← Corpus / content-farm / plan

Create a Study of the Best Obsidian Plugins

Before we ship more plugins of our own, take a deliberate read of what's working in the Obsidian community. Catalog the plugins doing the most interesting work, what they get right, what we'd do differently, and which ideas are worth borrowing.

Path
plans/Create-a-Study-of-the-Best-Obsidian-Plugins.md
Authors
Michael Staton
Augmented with
Claude Code on Claude Opus 4.7 (1M context)
Tags
Plan · Research · Obsidian-Plugins · Competitive-Study

Create a Study of the Best Obsidian Plugins

Why

Content-farm’s plugin set is already opinionated — wide modals, AI-as-ingredient, the unified command pattern. But the Obsidian ecosystem is where most of our prior art lives, and we have not done a deliberate pass through what other authors have shipped. Every time we plan a new feature it would help to know: has someone already solved this? Better than us? Differently than us?

A study fixes that.

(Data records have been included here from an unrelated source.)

//! The accounts of billing, and the lines of orders at each.

ghost use Rattle.std.specs.Prelude.{◌≡◌, ◌≤◌, false, OnOk, IfOk, IsTrue, None, filter, [], ◌∷◌};
ghost use Rattle.sqlite.specs.Held.{state};
ghost use Rattle.sqlite.specs.State.{HasCleanDisk, Survives, KeepsCommit};
ghost use Rattle.sqlite.specs.declared.types.Value.TheVariants.{Int, Text};
ghost use Rattle.sqlite_trees.specs.Tree.{Trees};
ghost use Rattle.sqlite_trees.specs.View.{doubt};
ghost use Rattle.sqlite_value.specs.Order.{column};
ghost use Rattle.sql_rows.specs.Schema.{billing};
ghost use Rattle.sql_rows.specs.Tables.{has_key, IsRising, IsCut, Puts, Adds, Edits, Stays, AreInOrder, pair_key};
ghost use Rattle.sql_rows.specs.Tables.{text_key};
ghost use Rattle.sql_rows.specs.Tables.{by_text, by_pair};

use crate::statements::{int, read, text, write};
use sqlite::{Alter, Connection, Error, Row, Transaction};

/// Sets the numbers of an account.
pub fn put_account<S: Alter>(
    tx: &mut Transaction<'_, S>,
    key: &str,
    limit_now: i64,
    billed: i64,
    held: i64,
) -> Result<usize, Error>
    requires schema { HasCleanDisk (state S.Store tx.old.conn.now)
        → (state S.Store tx.old.conn.now).now.schema ≡ billing }
    requires rising { HasCleanDisk (state S.Store tx.old.conn.now)
        → IsRising ((state S.Store tx.old.conn.now).now.trees 9) }
    requires inside { HasCleanDisk (state S.Store tx.old.conn.now)
        → IsTrue (state S.Store tx.old.conn.now).in_transaction }
    ensures same_reference { tx.new.conn.ghost_name ≡ tx.old.conn.ghost_name }
    ensures ok { HasCleanDisk (state S.Store tx.new.conn.now) → OnOk result (Edits 9
        (Puts (text_key key.now)
        (Text key.now ∷ Int limit_now ∷ Int billed ∷ Int held ∷ []))
        (state S.Store tx.old.conn.now) (state S.Store tx.new.conn.now)) }
    ensures kept { HasCleanDisk (state S.Store tx.new.conn.now)
        → KeepsCommit (state S.Store tx.old.conn.now) (state S.Store tx.new.conn.now) }
    ensures survives { Survives (state S.Store tx.old.conn.now) (state S.Store tx.new.conn.now) (λ _. ⊥) }
{
    // REPLACE: the caller needn't know whether there is a row. It deletes and inserts; a trial that wrote in place
    // was faster, and isn't proved.
    write(
        tx,
        "INSERT OR REPLACE INTO accounts (key, limit_now, billed, held) VALUES (?1, ?2, ?3, ?4)",
        &[text(key), int(limit_now), int(billed), int(held)],
    )
}

/// Takes an account away; refused, while it has lines.
pub fn take_account<S: Alter>(tx: &mut Transaction<'_, S>, key: &str) -> Result<usize, Error>
    requires schema { HasCleanDisk (state S.Store tx.old.conn.now)
        → (state S.Store tx.old.conn.now).now.schema ≡ billing }
    requires rising { HasCleanDisk (state S.Store tx.old.conn.now)
        → IsRising ((state S.Store tx.old.conn.now).now.trees 9) }
    requires inside { HasCleanDisk (state S.Store tx.old.conn.now)
        → IsTrue (state S.Store tx.old.conn.now).in_transaction }
    ensures same_reference { tx.new.conn.ghost_name ≡ tx.old.conn.ghost_name }
    ensures ok { HasCleanDisk (state S.Store tx.new.conn.now) → OnOk result (Edits 9
        (IsCut (has_key (text_key key.now)))
        (state S.Store tx.old.conn.now) (state S.Store tx.new.conn.now)) }
    ensures kept { HasCleanDisk (state S.Store tx.new.conn.now)
        → KeepsCommit (state S.Store tx.old.conn.now) (state S.Store tx.new.conn.now) }
    ensures survives { Survives (state S.Store tx.old.conn.now) (state S.Store tx.new.conn.now) (λ _. ⊥) }
{
    // The lines refer to this row: the caller takes them first.
    write(tx, "DELETE FROM accounts WHERE key = ?1", &[text(key)])
}

/// Adds the line of an order; refused, where the account has one of it.
pub fn add_account_line<S: Alter>(
    tx: &mut Transaction<'_, S>,
    account: &str,
    order: &str,
    n: i64,
    phase: &str,
) -> Result<usize, Error>
    requires schema { HasCleanDisk (state S.Store tx.old.conn.now)
        → (state S.Store tx.old.conn.now).now.schema ≡ billing }
    requires rising { HasCleanDisk (state S.Store tx.old.conn.now)
        → IsRising ((state S.Store tx.old.conn.now).now.trees 11) }
    requires inside { HasCleanDisk (state S.Store tx.old.conn.now)
        → IsTrue (state S.Store tx.old.conn.now).in_transaction }
    ensures same_reference { tx.new.conn.ghost_name ≡ tx.old.conn.ghost_name }
    ensures ok { HasCleanDisk (state S.Store tx.new.conn.now) → OnOk result (Edits 11
        (Adds (Text account.now ∷ Text order.now ∷ Int n ∷ Text phase.now ∷ []))
        (state S.Store tx.old.conn.now) (state S.Store tx.new.conn.now)) }
    ensures kept { HasCleanDisk (state S.Store tx.new.conn.now)
        → KeepsCommit (state S.Store tx.old.conn.now) (state S.Store tx.new.conn.now) }
    ensures survives { Survives (state S.Store tx.old.conn.now) (state S.Store tx.new.conn.now) (λ _. ⊥) }
{
    // No REPLACE: all lines were taken before, so one that is there is a fault.
    write(
        tx,
        "INSERT INTO account_lines (account, order_key, n, phase) VALUES (?1, ?2, ?3, ?4)",
        &[text(account), text(order), int(n), text(phase)],
    )
}

/// Sets the line of an order.
pub fn put_account_line<S: Alter>(
    tx: &mut Transaction<'_, S>,
    account: &str,
    order: &str,
    n: i64,
    phase: &str,
) -> Result<usize, Error>
    requires schema { HasCleanDisk (state S.Store tx.old.conn.now)
        → (state S.Store tx.old.conn.now).now.schema ≡ billing }
    requires rising { HasCleanDisk (state S.Store tx.old.conn.now)
        → IsRising ((state S.Store tx.old.conn.now).now.trees 11) }
    requires inside { HasCleanDisk (state S.Store tx.old.conn.now)
        → IsTrue (state S.Store tx.old.conn.now).in_transaction }
    ensures same_reference { tx.new.conn.ghost_name ≡ tx.old.conn.ghost_name }
    ensures ok { HasCleanDisk (state S.Store tx.new.conn.now) → OnOk result (Edits 11
        (Puts (pair_key account.now order.now) (Text account.now ∷ Text order.now ∷ Int n ∷ Text phase.now ∷ []))
        (state S.Store tx.old.conn.now) (state S.Store tx.new.conn.now)) }
    ensures kept { HasCleanDisk (state S.Store tx.new.conn.now)
        → KeepsCommit (state S.Store tx.old.conn.now) (state S.Store tx.new.conn.now) }
    ensures survives { Survives (state S.Store tx.old.conn.now) (state S.Store tx.new.conn.now) (λ _. ⊥) }
{
    // A step writes this line alone, however many the account has.
    write(
        tx,
        "INSERT OR REPLACE INTO account_lines (account, order_key, n, phase) \
         VALUES (?1, ?2, ?3, ?4)",
        &[text(account), text(order), int(n), text(phase)],
    )
}

/// Takes the line of an order away.
pub fn take_account_line<S: Alter>(
    tx: &mut Transaction<'_, S>,
    account: &str,
    order: &str,
) -> Result<usize, Error>
    requires schema { HasCleanDisk (state S.Store tx.old.conn.now)
        → (state S.Store tx.old.conn.now).now.schema ≡ billing }
    requires rising { HasCleanDisk (state S.Store tx.old.conn.now)
        → IsRising ((state S.Store tx.old.conn.now).now.trees 11) }
    requires inside { HasCleanDisk (state S.Store tx.old.conn.now)
        → IsTrue (state S.Store tx.old.conn.now).in_transaction }
    ensures same_reference { tx.new.conn.ghost_name ≡ tx.old.conn.ghost_name }
    ensures ok { HasCleanDisk (state S.Store tx.new.conn.now) → OnOk result (Edits 11
        (IsCut (has_key (pair_key account.now order.now)))
        (state S.Store tx.old.conn.now) (state S.Store tx.new.conn.now)) }
    ensures kept { HasCleanDisk (state S.Store tx.new.conn.now)
        → KeepsCommit (state S.Store tx.old.conn.now) (state S.Store tx.new.conn.now) }
    ensures survives { Survives (state S.Store tx.old.conn.now) (state S.Store tx.new.conn.now) (λ _. ⊥) }
{
    write(
        tx,
        "DELETE FROM account_lines WHERE account = ?1 AND order_key = ?2",
        &[text(account), text(order)],
    )
}

/// Takes the lines of an account away.
pub fn take_account_lines<S: Alter>(
    tx: &mut Transaction<'_, S>,
    account: &str,
) -> Result<usize, Error>
    requires schema { HasCleanDisk (state S.Store tx.old.conn.now)
        → (state S.Store tx.old.conn.now).now.schema ≡ billing }
    requires rising { HasCleanDisk (state S.Store tx.old.conn.now)
        → IsRising ((state S.Store tx.old.conn.now).now.trees 11) }
    requires inside { HasCleanDisk (state S.Store tx.old.conn.now)
        → IsTrue (state S.Store tx.old.conn.now).in_transaction }
    ensures same_reference { tx.new.conn.ghost_name ≡ tx.old.conn.ghost_name }
    ensures ok { HasCleanDisk (state S.Store tx.new.conn.now) → OnOk result (Edits 11
        (IsCut (has_key (text_key account.now)))
        (state S.Store tx.old.conn.now) (state S.Store tx.new.conn.now)) }
    ensures kept { HasCleanDisk (state S.Store tx.new.conn.now)
        → KeepsCommit (state S.Store tx.old.conn.now) (state S.Store tx.new.conn.now) }
    ensures survives { Survives (state S.Store tx.old.conn.now) (state S.Store tx.new.conn.now) (λ _. ⊥) }
{
    write(
        tx,
        "DELETE FROM account_lines WHERE account = ?1",
        &[text(account)],
    )
}

/// The numbers of an account; no row, where there is none.
pub fn read_account<S: Alter>(conn: &mut Connection<S>, key: &str) -> Result<Vec<Row>, Error>
    requires schema { HasCleanDisk (state S.Store conn.old) → (state S.Store conn.old).now.schema ≡ billing }
    requires settled { HasCleanDisk (state S.Store conn.old)
        → (state S.Store conn.old).now ≡ (state S.Store conn.old).committed }
    requires autocommit { conn.old.in_transaction ≡ false }
    ensures rows { HasCleanDisk (state S.Store conn.new) → IfOk result (λ rows.
        AreInOrder by_text None (λ x. column x 2 ∷ column x 3 ∷ column x 4 ∷ [])
        (filter (has_key (text_key key.now)) ((state S.Store conn.old).now.trees 9)) rows.items) }
    ensures autocommit { conn.new.in_transaction ≡ false }
    ensures open { HasCleanDisk (state S.Store conn.new) → OnOk result (IsTrue (state S.Store conn.new).is_open) }
    ensures stays { HasCleanDisk (state S.Store conn.new) → Stays (state S.Store conn.old) (state S.Store conn.new) }
    ensures clean { doubt (state S.Store conn.old).is_clean ≤ doubt (state S.Store conn.new).is_clean }
    ensures crash { HasCleanDisk (state S.Store conn.new) → (db : Trees)
        → (state S.Store conn.new).may_leave db → (state S.Store conn.old).may_leave db }
{
    // ORDER BY even for one row: SQL promises no order without it, and the contract lists rows in one.
    read(
        conn,
        "SELECT limit_now, billed, held FROM accounts WHERE key = ?1 ORDER BY key",
        &[text(key)],
    )
}

/// The lines of an account.
pub fn read_account_lines<S: Alter>(
    conn: &mut Connection<S>,
    account: &str,
) -> Result<Vec<Row>, Error>
    requires schema { HasCleanDisk (state S.Store conn.old) → (state S.Store conn.old).now.schema ≡ billing }
    requires settled { HasCleanDisk (state S.Store conn.old)
        → (state S.Store conn.old).now ≡ (state S.Store conn.old).committed }
    requires autocommit { conn.old.in_transaction ≡ false }
    ensures rows { HasCleanDisk (state S.Store conn.new) → IfOk result (λ rows.
        AreInOrder by_pair None (λ x. column x 2 ∷ column x 3 ∷ column x 4 ∷ [])
        (filter (has_key (text_key account.now)) ((state S.Store conn.old).now.trees 11)) rows.items) }
    ensures autocommit { conn.new.in_transaction ≡ false }
    ensures open { HasCleanDisk (state S.Store conn.new) → OnOk result (IsTrue (state S.Store conn.new).is_open) }
    ensures stays { HasCleanDisk (state S.Store conn.new) → Stays (state S.Store conn.old) (state S.Store conn.new) }
    ensures clean { doubt (state S.Store conn.old).is_clean ≤ doubt (state S.Store conn.new).is_clean }
    ensures crash { HasCleanDisk (state S.Store conn.new) → (db : Trees)
        → (state S.Store conn.new).may_leave db → (state S.Store conn.old).may_leave db }
{
    // In order of the orders' keys, as a state has its lines.
    read(
        conn,
        "SELECT order_key, n, phase FROM account_lines WHERE account = ?1 \
         ORDER BY account, order_key",
        &[text(account)],
    )
}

The output is a written piece (and the supporting research notes) that captures, at a moment in time, what the most interesting Obsidian plugins are doing — and gives us a reference frame for our own roadmap.

Goals

  • Identify the 10–15 most interesting plugins in current circulation. “Interesting” beats “popular” — we want plugins that demonstrate a real point of view, not just plugins with high install counts.
  • Document the patterns they use that are worth copying or studying: modal UX, command surfaces, settings shape, content-collection patterns, integrations with external services.
  • Surface the gaps — categories or workflows the community has not solved well, where content-farm could contribute meaningfully.
  • Output a writeup suitable for the lossless.group site (Astro Knots) and a structured set of notes in this context-v/ for ongoing reference.

Candidate plugins to study (seed list)

Starting list — additions welcome as we research:

  • Co-Intelligence by Epistemic Technology — agentic AI in Obsidian, the source URL that originally sat in this stub.
  • Templater — community templating layer, instructive for how it handles user-authored JS extensions.
  • Dataview — the query language for vault data; a study in surface design constraints.
  • QuickAdd — command-and-template chaining; relates to our Filestarter direction.
  • Smart Connections — semantic search, relates to how we’d build retrieval inside the farm.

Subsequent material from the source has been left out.